In the Heat Of The Night was written by Stirling Silliphant (based on a novel by John Ball) and directed by Norman Jewison. It’s a 1967 murder mystery starring Sidney Poitier. For having such a complicated plot, it has a natural simplicity about it. A large part of this is made possible by establishing 2 strong key characters in a relatively straightforward situation. A town full of racism has a murder that needs to be solved, and Virgil Tibbs (Sidney Poitier) who just happens to be a top notch homicide detective from out of town, is the only hope for truthfully finding out who did it.
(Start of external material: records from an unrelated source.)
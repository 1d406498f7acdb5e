//! What logs tell: a law, a function without a body of its own.

ghost use Rattle.generated_days.specs.Told as law;

/// The log of a run over one mirror, whose method didn't fail, tells as many new sets as the mirror has, and one ask for each
/// position of the routes over it; the lists are those that are next.
pub fn logs_tell_days()
    ensures { law.LogsTellDays }
{}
Ivo has us watching this movie for Directing class, and I can understand why. The plot twists and turns like crazy, and each new direction is spurred by a characters actions. Here’s a quick outline, just to give you an idea of what we are dealing with here:

  • Virgil is the first suspect in the murder – based on race alone
  • Virgil is revealed as a Police Officer from out of town, and is released immediately
  • The police bring in a new suspect, and with one look, Virgil proves them wrong.
  • Police chief Gillespie is frustrated and tries to make Virgil leave
  • Colbert’s widow see’s Virgil’s potential and requests (demands) that he stay on the investigation.
  • Virgil follows a lead, and in the process has to stand up for himself against racism. Gillespie doesn’t like the drama this causes and tries to make Virgil leave
  • Virgil is too invested into the case to leave, so he insists on staying to finish the job
  • Chief Gillespie’s new suspect is one of his own officers, but Virgil proves him wrong yet again
  • Gillespie gives Virgil 1 last night to finish the investigation. Virgil follows his last lead and ends up with a confession. Case solved
As you can see, both the characters Virgil and Gillespie change their motives practically every bullet point listed above. One minute Gillespie wants Virgil to leave town, and the next he needs him. Virgil wants to leave and then he is too stubborn to leave. Somehow this dance continues for the whole 109 minutes of film.  And yet I call them strong characters.
These characters are obviously deeper than what I’ve described on the surface. One scene that illustrates this well is when Virgil is being attacked by 4 locals. He puts on a brave performance, but you can see he is scared. Then Gillespie steps in and chases the attackers away. On the surface Gillespie is more of a racist than any of the 4, but when it really comes down to it in this scene, he knows what is right and acts upon it.
In terms of structure, the screenplay follows a pattern throughout. Basically, Gillespie (and his small town police force) jumps on any opportunity to blame someone for the murder and claim they’ve solved it. Virgil Tibbs, on the other hand, needs concrete proof before making such accusations, so he ends up proving Gillespie wrong time and time again. There is a string of dialogue 01:23 minutes in that really captures this conflict:
Gillespie – “I know Colbert cut a cheque for $900, I know Sam made a big cash deposit, I know you caught Sam in a lie, and I know that’s enough for me.”
Tibbs – (chuckles)…”Well you’re making a mistake”
Simple, but ultimately it gives you the whole movie. Add some racism in there, and you can piece together the rest. Great film, and a true example of how a complicated story can be broken down into simple elements and viewed as such.